Friday, December 28, 2007

In a Prescient Interview, Bhutto Fingered Assassination Suspects

By Sarah Lai Stirland December 27, 2007 | 3:59:21 PM

The world reacted with horror today at the cold-blooded assassination of Pakistan's former prime minister and opposition leader Benazir Bhutto.

Heading up the populist Pakistan People's Party, Bhutto was a leading contender in the country's general election, which was scheduled for January 8.

In this YouTube clip below from a November 3 Al Jazeera interview with British television presenter Sir David Frost, Bhutto discusses who she thought was responsible for the prior assassination attempt on her. (She even discusses the fact that her kids found out about the attempt before their father could tell them through text messages from their friends.)

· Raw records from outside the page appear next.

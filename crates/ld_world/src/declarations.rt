//! How the properties of a unit that have a uri are declared.
ghost use Rattle.std.specs.Prelude.{◌≡◌, ◌<◌, ◌++◌, Some, length, map, option_map, slice_get, IfOk, OnOk};
ghost use Rattle.ld_globals.specs.Declarations.{declaration_of};
ghost use Rattle.ld_globals.specs.Kept.{pairs_of};
ghost use Rattle.ld_sharing.specs.StoreView.{declaration_by, kind_declared};
ghost use Rattle.ld_value.specs.Datum.{datum_of};
ghost use Rattle.ld_value.specs.Values.{restrictions_of};
ghost use Rattle.ld_world.specs.Declaring.{pairs_at, pairs_by};

use ld_base::{NoMemory, PropNo, Text, number};
use ld_globals::{Declared, DeclaredList, GlobalKind};
use ld_model::PropertyKind;
use ld_rules::PreparedUnit;
use ld_value::{Limits, Value, ValueList};
use std::alloc::Global;

/// Each uri of the unit's properties, with how it is declared. The only error is out of memory.
pub(crate) fn declarations_of(alloc: Global, unit: &PreparedUnit) -> Result<DeclaredList, NoMemory>
    ensures { IfOk result (λ list. pairs_of list ≡ pairs_by unit.now.properties) }
{
    let mut list = DeclaredList::new(alloc);
    let count = unit.unit().properties.len();
    let mut n = 0;
    while n < count {
        push_declaration(alloc, unit, PropNo(number(n)?), &mut list)?;
        n += 1;
    }
    Ok(list)
}

/// Appends the property's uri, if it has one, with how it is declared.
fn push_declaration(
    alloc: Global,
    unit: &PreparedUnit,
    property: PropNo,
    list: &mut DeclaredList,
) -> Result<(), NoMemory>
    requires { property.0 < length unit.now.properties }
    ensures { OnOk result (pairs_of list.new
        ≡ pairs_of list.old ++ pairs_at unit.now.properties property.0) }
{
    let Some(uri) = unit.uri(property) else {
        return Ok(());
    };
    let uri = Text::of(alloc, uri.as_str())?;
    let declared = declared_by(alloc, unit, property)?;
    list.push((uri, declared))
}

/// How the uri of the property is declared.
fn declared_by(alloc: Global, unit: &PreparedUnit, property: PropNo) -> Result<Declared, NoMemory>
    requires { property.0 < length unit.now.properties }
    ensures { IfOk result (λ declared. Some (declaration_of declared)
        ≡ option_map declaration_by (slice_get unit.now.properties property.0)) }
{
    let names = unit.names();
    let limits = copy_limits(alloc, names.limits(property))?;
    let initial = copy_of(alloc, names.initial(property))?;
    let Some(property) = unit.unit().properties.get(property.0 as usize) else {
        unreachable!();
    };
    Ok(Declared {
        kind: kind_of(property.kind),
        datatype: property.datatype,
        limits,
        initial,
    })
}

/// Whether each person has a value of a property of the kind.
fn kind_of(kind: PropertyKind) -> GlobalKind
    ensures { result ≡ kind_declared kind }
{
    match kind {
        PropertyKind::LocPers | PropertyKind::GlobPers => GlobalKind::GlobPers,
        PropertyKind::Loc | PropertyKind::LocRole | PropertyKind::Glob => GlobalKind::Glob,
    }
}

/// The same restrictions once more.
fn copy_limits(alloc: Global, limits: &Limits) -> Result<Limits, NoMemory>
    ensures { IfOk result (λ copy. restrictions_of copy ≡ restrictions_of limits.now) }
{
    let least = copy_of(alloc, limits.least.as_ref())?;
    let most = copy_of(alloc, limits.most.as_ref())?;
    let one_of = copy_all(alloc, limits.one_of.as_slice())?;
    Ok(Limits {
        least,
        most,
        min_length: limits.min_length,
        max_length: limits.max_length,
        one_of,
    })
}

/// The same values once more.
fn copy_all(alloc: Global, values: &[Value]) -> Result<ValueList, NoMemory>
    ensures { IfOk result (λ copies. map datum_of copies ≡ map datum_of values.now) }
{
    let mut copies = ValueList::new(alloc);
    for value in values {
        copies.push(value.copy(alloc)?)?;
    }
    Ok(copies)
}

/// The same value once more, if there is one.
fn copy_of(alloc: Global, value: Option<&Value>) -> Result<Option<Value>, NoMemory>
    ensures { IfOk result (λ copy. option_map datum_of copy
        ≡ option_map (λ found. datum_of found.now) value.entry) }
{
    match value {
        Some(value) => Ok(Some(value.copy(alloc)?)),
        None => Ok(None),
    }
}
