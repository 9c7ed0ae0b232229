//! Units by their identifiers.
ghost use Rattle.std.specs.Prelude.{◌≡◌, [], map, find, option_map, option_copied, IfErr, OnOk};
ghost use Rattle.std.specs.Str.{bytes_eq};
ghost use Rattle.ld_json.specs.Fault.{Says, SaysFirst};
ghost use Rattle.ld_world.specs.Published.{repeated_unit, repeats_unit};
ghost use Rattle.ld_world.specs.World.{unit_named};

use ld_base::{Id, Text};
use ld_json::{Code, Fault, FileNo, ReadFault};
use ld_model::Unit;
use ld_rules::PreparedUnit;
use std::alloc::Global;
use std::rc::Rc;

/// That no other unit has the identifier of the unit.
pub(crate) fn check_identifier(
    alloc: Global,
    units: &[Rc<PreparedUnit>],
    unit: &Unit,
) -> Result<(), ReadFault>
    ensures faultless { OnOk result
        (repeats_unit (map (λ other. other.value) units.now) unit.now ≡ []) }
    ensures first { IfErr result
        (SaysFirst (repeats_unit (map (λ other. other.value) units.now) unit.now)) }
{
    if let Some(_) = find_unit(units, &unit.identifier) {
        return Err(repeated_unit(alloc));
    }
    Ok(())
}

/// The refusal that an earlier unit has the identifier, or `NoMemory`.
fn repeated_unit(alloc: Global) -> ReadFault
    ensures { Says repeated_unit result }
{
    match Text::of(alloc, "/identifier") {
        Ok(place) => ReadFault::Refused(Fault {
            file: FileNo::Unit,
            place,
            code: Code::RepeatedUnit,
        }),
        Err(_) => ReadFault::NoMemory,
    }
}

/// The published unit of this identifier. It takes time as the number of units, and no memory.
pub(crate) fn find_unit<'a>(units: &'a [Rc<PreparedUnit>], id: &Id) -> Option<&'a Rc<PreparedUnit>>
    ensures { option_map (λ unit. unit.value) (option_copied result)
        ≡ unit_named (map (λ unit. unit.value) units.now) id.now }
{
    first_named(units, id)
}

/// The first of the units that has the identifier.
fn first_named<'a>(units: &'a [Rc<PreparedUnit>], id: &Id) -> Option<&'a Rc<PreparedUnit>>
    ensures { option_copied result
        ≡ find (λ unit. bytes_eq unit.value.identifier id.now) units.now }
{
    units.iter().find(|unit| has_identifier(unit, id))
}

/// Whether the unit has the identifier.
fn has_identifier(unit: &PreparedUnit, id: &Id) -> bool
    ensures { result ≡ bytes_eq unit.now.identifier id.now }
{
    unit.unit().identifier == *id
}
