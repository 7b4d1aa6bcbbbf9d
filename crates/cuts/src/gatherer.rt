// Gathering: interval after interval, each listed into the part of the output behind the cuts already written.
ghost use Rattle.std.specs.Prelude.{◌≡◌, List, ℕ, ◌-◌};
ghost use Rattle.cuts.specs.Gathering.{gathered, gathered_from, gather_in, GatherReady};
ghost use Rattle.cuts.specs.Ranges.{with_held};

use crate::Gathered;
use crate::lister::list_interval;
use crate::sound::Sound;
use model::{Cut, Place, Position, Refusal};

// The output has room for a cut whenever an interval is listed. A listing that says "more" has left no such room, so what it
// says is looked at in the last interval alone.
fn gather_from(
    trace: Sound,
    first: Position,
    last: Position,
    out: &mut [u8],
) -> Result<Gathered, Refusal>
    requires { GatherReady trace.record.events first.0 last.0 out.old }
    ensures { (held : List ℕ) → gathered result out.new ≡ gathered_from (with_held trace.entry held) first.0 (last.0 - first.0) out.old }
{
    let start = Place {
        begun: false,
        cut: Cut { counts: [0; 8] },
    };
    let mut written = 0;
    // A for over the index: it leaves early with what was written.
    for p in first.0..last.0 {
        let position = Position(p);
        let part = list_interval(trace, position, start, &mut out[8 * written..])?;
        written += part.written;
        if out.len() - 8 * written < 8 {
            return Ok(Gathered {
                written,
                more: true,
                position,
                place: part.place,
            });
        }
    }
    let part = list_interval(trace, last, start, &mut out[8 * written..])?;
    Ok(Gathered {
        written: written + part.written,
        more: part.more,
        position: last,
        place: part.place,
    })
}

pub(crate) fn gather_intervals(
    trace: Sound,
    first: Position,
    last: Position,
    out: &mut [u8],
) -> Result<Gathered, Refusal>
    ensures { (held : List ℕ) → gathered result out.new ≡ gather_in (with_held trace.entry held) first.0 last.0 out.old }
{
    if trace.record.events < last.0 || last.0 < first.0 {
        return Err(Refusal::NoSuchPosition);
    }
    if out.len() < 8 {
        return Err(Refusal::ShortOutput);
    }
    gather_from(trace, first, last, out)
}
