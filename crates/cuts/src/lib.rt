// Consistent cuts of a stored trace: listing, counting, asking, gathering.
// Each public call tests the store before all else and refuses by the numbers of rule 52; what it answers is fixed by its
// contract for all inputs.
#![tactic(auto)]

mod gatherer;
pub mod inner;
mod lister;
mod ranges;
mod sound;

ghost use Rattle.std.specs.Prelude.{◌≡◌};
ghost use Rattle.store.specs.Outcomes.{store_in};
ghost use Rattle.cuts.specs.Listing.{listed, listing, moved};
ghost use Rattle.cuts.specs.Gathering.{gathered, gathering};
ghost use Rattle.cuts.specs.Outcomes.{counted, counting, asked, asking};
ghost use Rattle.cuts.specs.Ranges.{Tested};

use gatherer::gather_intervals;
use inner::{answer_job, count_interval};
use lister::list_interval;
use model::{Cut, Job, Place, Position, Refusal};
use sound::Sound;
use store::Trace;
pub use walks::showing::Listed;

// The test of a stored trace, and what of it the calls on cuts read once it has passed.
fn tested(trace: Trace) -> Result<Sound, Refusal>
    ensures { Tested trace.entry result }
{
    store::check(trace)?;
    // Three fields, and each place shows the fact by its own.
    Ok(Sound {
        record: trace.record,
        clocks: trace.clocks,
        order: trace.order,
    })
}

// The number of cuts of an interval.
pub fn count(trace: Trace, position: Position) -> Result<u64, Refusal>
    ensures { counted result ≡ counting (store_in trace.entry) position.0 }
{
    count_interval(tested(trace)?, position)
}

// The first cut of a job's range that meets its question, where there is one.
pub fn ask(trace: Trace, job: Job) -> Result<Option<Cut>, Refusal>
    ensures { asked result ≡ asking (store_in trace.entry) job }
{
    store::check(trace)?;
    answer_job(trace, job)
}

// Writes the cuts of an interval that stand behind a place, as many as fit.
pub fn list(
    trace: Trace,
    position: Position,
    place: Place,
    out: &mut [u8],
) -> Result<Listed, Refusal>
    ensures { listed place result out.new ≡ listing (store_in trace.entry) position.0 place out.old }
{
    list_interval(tested(trace)?, position, place, out)
}

// What a listing answers where its place was lent.
// A flag for "more": what is written is there in both cases.
#[derive(Clone, Copy)]
pub struct Moved {
    pub written: usize,
    pub more: bool,
}

// The same through a lent place, which the call moves on. A caller that keeps its place in a local uses the call above, by value.
pub fn list_moving(
    trace: Trace,
    position: Position,
    place: &mut Place,
    out: &mut [u8],
) -> Result<Moved, Refusal>
    ensures { moved result place.new out.new ≡ listing (store_in trace.entry) position.0 place.old out.old }
{
    let listed = list(trace, position, *place, out)?;
    *place = listed.place;
    Ok(Moved {
        written: listed.written,
        more: listed.more,
    })
}

// What a gathering answers: how many cuts are there, whether more are left, and where it stopped: the interval of the last cut
// written and the place behind that cut, from which `list` goes on.
// A flag for "more": what is written and the place are there in both cases.
#[derive(Clone, Copy)]
pub struct Gathered {
    pub written: usize,
    pub more: bool,
    pub position: Position,
    pub place: Place,
}

// The cuts of interval after interval, from a first position to a last, all that fit. Each interval is listed into the part of
// the output behind the cuts already written.
pub fn gather(
    trace: Trace,
    first: Position,
    last: Position,
    out: &mut [u8],
) -> Result<Gathered, Refusal>
    ensures { gathered result out.new ≡ gathering (store_in trace.entry) first.0 last.0 out.old }
{
    gather_intervals(tested(trace)?, first, last, out)
}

Bhutto said at the time that the assassins could have come from "a gang from the Afganistan warlord Baitullah Mehsud, or Hamza bin Laden the son of Osama bin Laden, or the Pakistani Taliban in Islamabad, or by a group in Karachi."

"I sent back a letter [to President Pervez Musharraf] saying that while these groups may be used, I thought it was more important to go after the people who supported them, who organize them, who could possibly be the financers, or the organizers of the finance for those groups and I named three individuals who I thought could be their sympathizers," she said.